→ Your instructions
For this exercise, copy out each line of the material below that includes "root".

→ Data supplied
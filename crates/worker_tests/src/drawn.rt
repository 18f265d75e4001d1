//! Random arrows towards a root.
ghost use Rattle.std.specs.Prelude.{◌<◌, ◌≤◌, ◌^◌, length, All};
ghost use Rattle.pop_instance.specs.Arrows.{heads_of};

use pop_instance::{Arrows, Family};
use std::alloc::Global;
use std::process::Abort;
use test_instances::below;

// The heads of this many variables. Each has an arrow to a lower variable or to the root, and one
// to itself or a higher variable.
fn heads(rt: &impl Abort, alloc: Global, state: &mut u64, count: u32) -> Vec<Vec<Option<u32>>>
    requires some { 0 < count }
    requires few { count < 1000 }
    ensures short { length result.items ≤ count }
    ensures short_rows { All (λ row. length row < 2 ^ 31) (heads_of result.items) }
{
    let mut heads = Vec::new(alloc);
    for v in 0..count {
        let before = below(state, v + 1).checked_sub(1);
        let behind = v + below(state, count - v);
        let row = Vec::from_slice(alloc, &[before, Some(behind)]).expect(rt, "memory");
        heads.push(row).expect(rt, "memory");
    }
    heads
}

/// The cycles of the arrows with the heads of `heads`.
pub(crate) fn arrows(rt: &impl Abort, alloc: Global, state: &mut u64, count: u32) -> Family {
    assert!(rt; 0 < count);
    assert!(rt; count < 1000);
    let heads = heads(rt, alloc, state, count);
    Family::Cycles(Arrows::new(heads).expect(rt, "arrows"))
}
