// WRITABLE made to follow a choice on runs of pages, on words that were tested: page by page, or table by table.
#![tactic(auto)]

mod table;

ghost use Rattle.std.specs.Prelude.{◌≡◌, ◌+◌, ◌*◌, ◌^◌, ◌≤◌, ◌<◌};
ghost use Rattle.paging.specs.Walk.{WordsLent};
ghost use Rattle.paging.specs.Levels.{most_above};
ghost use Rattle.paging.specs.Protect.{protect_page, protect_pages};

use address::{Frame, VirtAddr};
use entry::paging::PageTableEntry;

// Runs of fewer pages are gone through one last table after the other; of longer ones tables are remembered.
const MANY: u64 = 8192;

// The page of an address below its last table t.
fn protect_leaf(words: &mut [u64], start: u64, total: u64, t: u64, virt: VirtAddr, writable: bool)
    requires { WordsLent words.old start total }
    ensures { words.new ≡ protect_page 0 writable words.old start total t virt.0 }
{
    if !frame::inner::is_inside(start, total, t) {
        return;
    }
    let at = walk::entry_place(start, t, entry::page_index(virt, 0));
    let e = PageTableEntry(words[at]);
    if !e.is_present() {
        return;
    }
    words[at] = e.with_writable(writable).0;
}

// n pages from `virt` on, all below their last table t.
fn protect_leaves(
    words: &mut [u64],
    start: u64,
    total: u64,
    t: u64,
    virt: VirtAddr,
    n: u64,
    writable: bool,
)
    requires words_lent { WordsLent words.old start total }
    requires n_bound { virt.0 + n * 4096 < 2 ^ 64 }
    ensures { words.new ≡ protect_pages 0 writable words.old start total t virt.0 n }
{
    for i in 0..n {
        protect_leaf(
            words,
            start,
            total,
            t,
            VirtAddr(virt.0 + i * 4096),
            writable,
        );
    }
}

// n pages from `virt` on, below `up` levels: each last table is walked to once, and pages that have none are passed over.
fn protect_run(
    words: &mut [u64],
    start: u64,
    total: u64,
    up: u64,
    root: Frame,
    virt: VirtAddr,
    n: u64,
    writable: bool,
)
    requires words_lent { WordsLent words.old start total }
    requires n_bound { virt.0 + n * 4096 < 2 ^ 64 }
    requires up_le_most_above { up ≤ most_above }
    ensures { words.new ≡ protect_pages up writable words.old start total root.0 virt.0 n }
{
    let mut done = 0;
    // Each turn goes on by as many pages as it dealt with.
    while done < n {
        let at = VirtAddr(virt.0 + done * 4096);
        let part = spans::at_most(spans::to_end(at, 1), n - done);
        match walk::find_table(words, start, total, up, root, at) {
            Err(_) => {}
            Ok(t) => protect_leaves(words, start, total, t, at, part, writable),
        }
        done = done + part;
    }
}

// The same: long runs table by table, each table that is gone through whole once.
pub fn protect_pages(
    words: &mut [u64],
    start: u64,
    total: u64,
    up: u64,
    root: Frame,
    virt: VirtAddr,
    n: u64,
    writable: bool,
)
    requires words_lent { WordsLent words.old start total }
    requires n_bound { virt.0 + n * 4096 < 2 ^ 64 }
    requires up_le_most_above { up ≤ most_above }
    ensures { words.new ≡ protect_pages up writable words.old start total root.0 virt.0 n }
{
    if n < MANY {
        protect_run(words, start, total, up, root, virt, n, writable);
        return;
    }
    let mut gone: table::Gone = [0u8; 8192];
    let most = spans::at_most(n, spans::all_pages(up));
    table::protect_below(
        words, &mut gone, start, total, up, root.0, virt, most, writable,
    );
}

...

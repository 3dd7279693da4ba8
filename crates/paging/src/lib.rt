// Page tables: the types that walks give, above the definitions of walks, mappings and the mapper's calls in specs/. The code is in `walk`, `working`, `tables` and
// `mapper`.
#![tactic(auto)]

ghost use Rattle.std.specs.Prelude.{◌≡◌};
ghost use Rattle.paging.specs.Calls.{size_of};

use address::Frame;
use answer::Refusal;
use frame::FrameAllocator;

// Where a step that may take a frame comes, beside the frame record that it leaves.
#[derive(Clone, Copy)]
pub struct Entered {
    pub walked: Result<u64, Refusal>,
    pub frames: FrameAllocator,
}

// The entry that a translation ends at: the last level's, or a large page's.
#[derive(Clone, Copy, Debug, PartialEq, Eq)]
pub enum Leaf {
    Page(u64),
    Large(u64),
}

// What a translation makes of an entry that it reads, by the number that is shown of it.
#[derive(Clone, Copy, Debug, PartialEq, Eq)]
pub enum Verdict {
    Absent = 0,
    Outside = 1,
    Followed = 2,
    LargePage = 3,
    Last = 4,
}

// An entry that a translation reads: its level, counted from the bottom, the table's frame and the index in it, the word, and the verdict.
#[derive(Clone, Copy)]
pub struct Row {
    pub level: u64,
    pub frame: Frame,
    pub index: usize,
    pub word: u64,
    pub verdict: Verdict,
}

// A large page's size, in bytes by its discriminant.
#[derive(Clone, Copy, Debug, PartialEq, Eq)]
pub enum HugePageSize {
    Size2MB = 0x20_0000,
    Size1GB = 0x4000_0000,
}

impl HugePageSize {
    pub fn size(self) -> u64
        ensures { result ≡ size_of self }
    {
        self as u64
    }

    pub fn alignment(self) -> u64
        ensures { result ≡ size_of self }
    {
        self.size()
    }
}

...

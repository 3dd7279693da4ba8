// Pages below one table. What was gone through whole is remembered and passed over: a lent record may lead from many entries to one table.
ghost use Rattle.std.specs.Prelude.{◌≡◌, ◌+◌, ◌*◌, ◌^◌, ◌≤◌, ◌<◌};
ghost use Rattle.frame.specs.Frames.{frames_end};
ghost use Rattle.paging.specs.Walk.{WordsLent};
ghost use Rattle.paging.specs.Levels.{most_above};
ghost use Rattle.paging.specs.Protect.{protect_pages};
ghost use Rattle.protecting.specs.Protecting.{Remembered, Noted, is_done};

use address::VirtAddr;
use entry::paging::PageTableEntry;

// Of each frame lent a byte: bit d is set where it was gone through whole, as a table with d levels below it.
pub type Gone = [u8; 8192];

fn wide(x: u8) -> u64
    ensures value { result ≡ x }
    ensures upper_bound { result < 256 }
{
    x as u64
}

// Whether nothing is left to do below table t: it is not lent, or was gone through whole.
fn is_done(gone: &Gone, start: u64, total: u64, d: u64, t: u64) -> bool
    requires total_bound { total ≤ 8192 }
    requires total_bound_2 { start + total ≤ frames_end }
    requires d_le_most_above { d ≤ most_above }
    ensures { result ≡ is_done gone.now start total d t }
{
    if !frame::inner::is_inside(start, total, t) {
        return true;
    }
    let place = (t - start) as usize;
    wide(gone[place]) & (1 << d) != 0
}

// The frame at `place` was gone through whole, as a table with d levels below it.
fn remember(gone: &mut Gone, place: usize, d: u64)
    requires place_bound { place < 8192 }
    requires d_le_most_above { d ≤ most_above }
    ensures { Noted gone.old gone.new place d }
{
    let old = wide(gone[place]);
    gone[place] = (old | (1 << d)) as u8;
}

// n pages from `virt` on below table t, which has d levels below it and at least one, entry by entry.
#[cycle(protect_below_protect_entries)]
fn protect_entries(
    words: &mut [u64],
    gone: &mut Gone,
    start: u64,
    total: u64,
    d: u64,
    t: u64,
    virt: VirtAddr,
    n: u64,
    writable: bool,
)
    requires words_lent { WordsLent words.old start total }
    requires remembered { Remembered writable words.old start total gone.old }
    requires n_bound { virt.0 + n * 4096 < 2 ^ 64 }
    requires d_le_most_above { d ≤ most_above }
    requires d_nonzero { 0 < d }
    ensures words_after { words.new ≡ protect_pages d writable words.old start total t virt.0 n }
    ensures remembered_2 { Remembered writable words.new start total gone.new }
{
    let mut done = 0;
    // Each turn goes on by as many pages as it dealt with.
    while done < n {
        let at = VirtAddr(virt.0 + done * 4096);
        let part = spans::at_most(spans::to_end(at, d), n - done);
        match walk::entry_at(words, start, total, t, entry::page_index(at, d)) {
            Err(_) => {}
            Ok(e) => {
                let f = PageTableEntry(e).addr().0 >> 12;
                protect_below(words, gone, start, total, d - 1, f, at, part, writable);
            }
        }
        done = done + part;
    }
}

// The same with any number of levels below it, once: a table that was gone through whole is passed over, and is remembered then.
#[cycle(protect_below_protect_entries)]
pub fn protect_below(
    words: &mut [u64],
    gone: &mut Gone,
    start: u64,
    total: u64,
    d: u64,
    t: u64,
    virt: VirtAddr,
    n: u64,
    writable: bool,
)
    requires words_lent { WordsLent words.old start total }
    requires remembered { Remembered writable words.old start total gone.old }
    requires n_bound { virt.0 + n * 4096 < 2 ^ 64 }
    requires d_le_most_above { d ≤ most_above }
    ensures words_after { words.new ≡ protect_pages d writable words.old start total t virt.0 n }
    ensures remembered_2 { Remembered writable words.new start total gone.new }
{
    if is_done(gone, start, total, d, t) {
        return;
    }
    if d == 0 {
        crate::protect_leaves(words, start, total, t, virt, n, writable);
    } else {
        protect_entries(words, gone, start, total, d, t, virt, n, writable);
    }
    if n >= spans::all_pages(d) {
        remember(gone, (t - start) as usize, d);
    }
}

→ Written solution
//! Random arrows towards a root.
// The heads of this many variables. Each has an arrow to a lower variable or to the root, and one
    root: Frame,
    ensures { words.new ≡ protect_pages up writable words.old start total root.0 virt.0 n }
        match walk::find_table(words, start, total, up, root, at) {
    root: Frame,
    ensures { words.new ≡ protect_pages up writable words.old start total root.0 virt.0 n }
        protect_run(words, start, total, up, root, virt, n, writable);
        words, &mut gone, start, total, up, root.0, virt, most, writable,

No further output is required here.